> WHAT IS REQUIRED:
Within the listing below, the lines to output run from the one containing "497 → spec.DiffersFairly change.entry.old.now whole" through the one containing "let no_worse = is_no_worse(old, new);"; copy them exactly and nothing else.

DATA SUPPLIED: Begin

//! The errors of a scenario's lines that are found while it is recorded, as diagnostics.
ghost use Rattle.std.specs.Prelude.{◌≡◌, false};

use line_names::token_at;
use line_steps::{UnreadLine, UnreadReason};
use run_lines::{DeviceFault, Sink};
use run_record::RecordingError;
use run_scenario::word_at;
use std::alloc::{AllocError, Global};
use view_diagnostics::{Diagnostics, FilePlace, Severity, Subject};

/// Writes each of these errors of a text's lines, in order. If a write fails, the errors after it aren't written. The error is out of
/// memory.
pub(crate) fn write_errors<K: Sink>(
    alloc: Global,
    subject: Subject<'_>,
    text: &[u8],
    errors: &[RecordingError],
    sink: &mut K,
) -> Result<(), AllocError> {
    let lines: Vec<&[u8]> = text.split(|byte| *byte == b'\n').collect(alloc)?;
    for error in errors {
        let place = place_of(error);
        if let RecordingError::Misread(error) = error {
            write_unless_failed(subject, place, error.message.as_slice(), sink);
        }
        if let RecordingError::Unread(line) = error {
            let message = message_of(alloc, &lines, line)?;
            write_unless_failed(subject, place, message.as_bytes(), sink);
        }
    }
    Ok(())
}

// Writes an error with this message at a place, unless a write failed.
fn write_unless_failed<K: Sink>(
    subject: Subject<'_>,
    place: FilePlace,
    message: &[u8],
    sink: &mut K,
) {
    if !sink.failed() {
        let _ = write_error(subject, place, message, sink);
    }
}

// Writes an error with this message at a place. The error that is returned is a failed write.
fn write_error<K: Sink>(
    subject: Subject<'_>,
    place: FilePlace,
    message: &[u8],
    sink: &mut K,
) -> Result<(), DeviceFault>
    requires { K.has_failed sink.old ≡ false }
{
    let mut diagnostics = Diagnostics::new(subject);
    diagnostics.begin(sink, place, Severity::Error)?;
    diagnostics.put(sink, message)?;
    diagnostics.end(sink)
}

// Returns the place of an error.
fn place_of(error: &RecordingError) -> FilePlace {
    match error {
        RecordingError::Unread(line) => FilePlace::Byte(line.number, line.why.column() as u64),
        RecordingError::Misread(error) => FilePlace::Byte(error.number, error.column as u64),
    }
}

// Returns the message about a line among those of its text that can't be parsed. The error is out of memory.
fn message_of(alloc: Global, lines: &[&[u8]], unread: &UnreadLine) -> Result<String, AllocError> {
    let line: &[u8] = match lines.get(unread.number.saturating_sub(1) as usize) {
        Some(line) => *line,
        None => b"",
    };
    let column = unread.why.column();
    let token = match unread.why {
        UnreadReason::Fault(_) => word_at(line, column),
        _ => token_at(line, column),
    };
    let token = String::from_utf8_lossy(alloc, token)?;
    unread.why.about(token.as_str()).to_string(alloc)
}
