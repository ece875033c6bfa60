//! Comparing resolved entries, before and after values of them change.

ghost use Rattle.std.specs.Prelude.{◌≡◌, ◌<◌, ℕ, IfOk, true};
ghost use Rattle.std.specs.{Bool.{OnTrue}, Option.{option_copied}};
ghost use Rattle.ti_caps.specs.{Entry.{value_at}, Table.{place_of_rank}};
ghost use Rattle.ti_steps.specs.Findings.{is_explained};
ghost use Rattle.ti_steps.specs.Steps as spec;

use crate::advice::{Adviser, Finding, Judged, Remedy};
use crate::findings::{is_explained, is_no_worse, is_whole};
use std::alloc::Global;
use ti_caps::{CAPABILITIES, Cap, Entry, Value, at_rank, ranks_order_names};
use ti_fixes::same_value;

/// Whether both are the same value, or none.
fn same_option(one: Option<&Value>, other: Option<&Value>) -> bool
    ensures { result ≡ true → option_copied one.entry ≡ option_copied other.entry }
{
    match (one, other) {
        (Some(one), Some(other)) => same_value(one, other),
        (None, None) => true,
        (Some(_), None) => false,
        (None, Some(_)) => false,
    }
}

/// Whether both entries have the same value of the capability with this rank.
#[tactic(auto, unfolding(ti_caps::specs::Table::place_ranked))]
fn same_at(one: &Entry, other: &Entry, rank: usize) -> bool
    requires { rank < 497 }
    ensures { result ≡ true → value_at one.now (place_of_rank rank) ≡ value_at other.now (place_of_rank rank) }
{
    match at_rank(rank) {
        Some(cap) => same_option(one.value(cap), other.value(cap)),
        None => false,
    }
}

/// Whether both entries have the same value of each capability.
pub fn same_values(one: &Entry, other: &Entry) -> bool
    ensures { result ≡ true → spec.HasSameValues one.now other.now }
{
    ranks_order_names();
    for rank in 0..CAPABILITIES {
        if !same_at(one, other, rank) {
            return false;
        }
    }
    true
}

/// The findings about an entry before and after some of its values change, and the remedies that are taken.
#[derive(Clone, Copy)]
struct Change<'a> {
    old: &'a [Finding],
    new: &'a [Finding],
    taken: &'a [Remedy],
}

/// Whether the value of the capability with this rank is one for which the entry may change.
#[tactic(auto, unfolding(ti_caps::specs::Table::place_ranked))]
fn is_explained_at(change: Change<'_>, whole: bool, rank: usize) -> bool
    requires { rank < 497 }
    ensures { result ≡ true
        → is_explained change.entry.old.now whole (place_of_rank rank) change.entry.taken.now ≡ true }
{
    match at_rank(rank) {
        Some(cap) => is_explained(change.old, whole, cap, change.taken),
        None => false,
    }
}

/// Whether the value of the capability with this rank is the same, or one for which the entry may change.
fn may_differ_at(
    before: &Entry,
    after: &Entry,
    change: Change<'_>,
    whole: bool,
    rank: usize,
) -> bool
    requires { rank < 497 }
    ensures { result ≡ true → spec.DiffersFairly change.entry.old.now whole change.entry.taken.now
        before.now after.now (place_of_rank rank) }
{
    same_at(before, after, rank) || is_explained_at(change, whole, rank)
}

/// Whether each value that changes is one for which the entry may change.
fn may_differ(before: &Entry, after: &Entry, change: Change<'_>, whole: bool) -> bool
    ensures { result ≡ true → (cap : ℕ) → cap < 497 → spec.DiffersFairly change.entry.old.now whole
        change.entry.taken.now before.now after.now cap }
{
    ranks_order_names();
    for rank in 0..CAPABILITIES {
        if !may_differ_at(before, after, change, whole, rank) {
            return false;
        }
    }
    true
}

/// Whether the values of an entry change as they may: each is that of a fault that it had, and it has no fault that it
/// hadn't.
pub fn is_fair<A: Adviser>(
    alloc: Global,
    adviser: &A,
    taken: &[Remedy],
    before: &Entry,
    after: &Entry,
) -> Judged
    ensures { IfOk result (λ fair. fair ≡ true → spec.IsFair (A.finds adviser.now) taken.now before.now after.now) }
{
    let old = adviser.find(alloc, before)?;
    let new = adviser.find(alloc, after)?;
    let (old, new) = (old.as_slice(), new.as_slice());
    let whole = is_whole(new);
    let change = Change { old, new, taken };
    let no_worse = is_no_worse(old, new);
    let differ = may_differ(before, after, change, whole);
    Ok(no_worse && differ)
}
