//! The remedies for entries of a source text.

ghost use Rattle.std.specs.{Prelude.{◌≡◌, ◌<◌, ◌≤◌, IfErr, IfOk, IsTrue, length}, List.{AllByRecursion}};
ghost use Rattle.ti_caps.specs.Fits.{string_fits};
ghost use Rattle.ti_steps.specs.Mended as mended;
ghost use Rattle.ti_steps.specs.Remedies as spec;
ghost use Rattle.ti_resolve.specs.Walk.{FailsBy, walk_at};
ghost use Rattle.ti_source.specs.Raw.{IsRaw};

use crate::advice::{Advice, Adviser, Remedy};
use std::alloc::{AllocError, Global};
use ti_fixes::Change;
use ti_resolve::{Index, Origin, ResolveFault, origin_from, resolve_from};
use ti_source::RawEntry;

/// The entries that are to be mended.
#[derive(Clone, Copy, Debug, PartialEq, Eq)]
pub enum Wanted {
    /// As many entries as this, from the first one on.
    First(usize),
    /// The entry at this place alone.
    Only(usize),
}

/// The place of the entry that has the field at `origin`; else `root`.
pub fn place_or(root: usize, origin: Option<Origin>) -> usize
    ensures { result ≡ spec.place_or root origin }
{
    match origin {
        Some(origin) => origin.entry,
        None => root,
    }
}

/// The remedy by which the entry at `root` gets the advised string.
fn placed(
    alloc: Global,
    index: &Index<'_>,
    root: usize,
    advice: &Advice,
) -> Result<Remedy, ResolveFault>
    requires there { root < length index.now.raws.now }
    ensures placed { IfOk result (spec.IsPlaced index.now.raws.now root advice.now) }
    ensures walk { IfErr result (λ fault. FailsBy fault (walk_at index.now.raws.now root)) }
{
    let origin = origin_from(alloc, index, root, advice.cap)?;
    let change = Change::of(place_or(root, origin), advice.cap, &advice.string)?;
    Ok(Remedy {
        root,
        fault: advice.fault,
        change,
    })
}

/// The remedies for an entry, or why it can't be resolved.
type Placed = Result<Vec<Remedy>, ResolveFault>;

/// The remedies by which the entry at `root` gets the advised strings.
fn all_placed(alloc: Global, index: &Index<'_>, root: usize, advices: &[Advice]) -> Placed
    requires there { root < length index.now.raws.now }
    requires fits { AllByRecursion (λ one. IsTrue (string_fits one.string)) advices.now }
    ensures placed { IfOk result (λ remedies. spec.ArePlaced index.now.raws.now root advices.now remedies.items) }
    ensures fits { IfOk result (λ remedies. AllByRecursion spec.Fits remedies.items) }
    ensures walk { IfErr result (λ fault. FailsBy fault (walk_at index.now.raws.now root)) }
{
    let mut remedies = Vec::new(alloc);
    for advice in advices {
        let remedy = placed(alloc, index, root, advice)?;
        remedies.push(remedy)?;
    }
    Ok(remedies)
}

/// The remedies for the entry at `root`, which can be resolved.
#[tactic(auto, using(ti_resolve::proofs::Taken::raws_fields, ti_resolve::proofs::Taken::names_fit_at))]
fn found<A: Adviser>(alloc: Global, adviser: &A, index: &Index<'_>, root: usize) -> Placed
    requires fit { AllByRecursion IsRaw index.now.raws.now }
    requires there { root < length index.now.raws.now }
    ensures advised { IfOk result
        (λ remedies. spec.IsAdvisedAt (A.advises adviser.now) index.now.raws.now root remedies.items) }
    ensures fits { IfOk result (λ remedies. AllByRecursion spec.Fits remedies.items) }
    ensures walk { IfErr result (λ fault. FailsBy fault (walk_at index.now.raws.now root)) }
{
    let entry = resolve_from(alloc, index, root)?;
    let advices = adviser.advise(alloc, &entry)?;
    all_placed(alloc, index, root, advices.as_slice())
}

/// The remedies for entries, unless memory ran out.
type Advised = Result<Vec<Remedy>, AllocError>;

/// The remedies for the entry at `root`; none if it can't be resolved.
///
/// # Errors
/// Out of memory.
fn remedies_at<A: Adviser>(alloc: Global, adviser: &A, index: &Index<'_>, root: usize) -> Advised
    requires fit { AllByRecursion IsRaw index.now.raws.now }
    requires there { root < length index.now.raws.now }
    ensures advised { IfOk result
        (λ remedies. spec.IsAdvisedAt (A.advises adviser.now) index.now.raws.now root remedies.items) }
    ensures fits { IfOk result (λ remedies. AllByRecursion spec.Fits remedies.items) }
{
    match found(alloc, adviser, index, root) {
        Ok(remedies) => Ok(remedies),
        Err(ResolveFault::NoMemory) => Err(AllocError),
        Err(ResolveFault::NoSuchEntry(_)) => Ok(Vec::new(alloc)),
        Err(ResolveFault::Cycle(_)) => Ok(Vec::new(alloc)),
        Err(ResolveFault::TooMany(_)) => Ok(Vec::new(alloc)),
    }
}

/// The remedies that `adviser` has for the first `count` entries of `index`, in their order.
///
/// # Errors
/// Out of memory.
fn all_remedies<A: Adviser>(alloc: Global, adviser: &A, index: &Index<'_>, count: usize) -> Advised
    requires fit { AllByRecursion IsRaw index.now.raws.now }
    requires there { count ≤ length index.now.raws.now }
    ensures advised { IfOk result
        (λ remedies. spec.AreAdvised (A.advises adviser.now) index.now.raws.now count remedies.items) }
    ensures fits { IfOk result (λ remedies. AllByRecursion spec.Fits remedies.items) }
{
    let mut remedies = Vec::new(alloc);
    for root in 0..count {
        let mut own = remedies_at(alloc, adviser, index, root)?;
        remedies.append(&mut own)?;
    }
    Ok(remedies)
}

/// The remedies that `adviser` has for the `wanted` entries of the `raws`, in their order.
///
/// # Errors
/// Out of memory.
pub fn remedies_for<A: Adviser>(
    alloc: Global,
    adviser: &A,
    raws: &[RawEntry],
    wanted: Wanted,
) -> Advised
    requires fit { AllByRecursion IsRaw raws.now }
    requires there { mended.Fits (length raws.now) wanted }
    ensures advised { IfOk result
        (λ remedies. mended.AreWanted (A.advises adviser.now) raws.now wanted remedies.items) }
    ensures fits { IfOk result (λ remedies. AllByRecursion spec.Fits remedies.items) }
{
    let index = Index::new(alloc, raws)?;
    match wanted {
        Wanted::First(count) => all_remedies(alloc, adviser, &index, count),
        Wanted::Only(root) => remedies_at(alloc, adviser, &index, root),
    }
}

DATA SUPPLIED: End

> RESPONSE:
    ensures { result ≡ true → (cap : ℕ) → cap < 497 → spec.DiffersFairly change.entry.old.now whole
        change.entry.taken.now before.now after.now cap }
{
    ranks_order_names();
    for rank in 0..CAPABILITIES {
        if !may_differ_at(before, after, change, whole, rank) {
            return false;
        }
    }
    true
}

/// Whether the values of an entry change as they may: each is that of a fault that it had, and it has no fault that it
/// hadn't.
pub fn is_fair<A: Adviser>(
    alloc: Global,
    adviser: &A,
    taken: &[Remedy],
    before: &Entry,
    after: &Entry,
) -> Judged
    ensures { IfOk result (λ fair. fair ≡ true → spec.IsFair (A.finds adviser.now) taken.now before.now after.now) }
{
    let old = adviser.find(alloc, before)?;
    let new = adviser.find(alloc, after)?;
    let (old, new) = (old.as_slice(), new.as_slice());
    let whole = is_whole(new);
    let change = Change { old, new, taken };
    let no_worse = is_no_worse(old, new);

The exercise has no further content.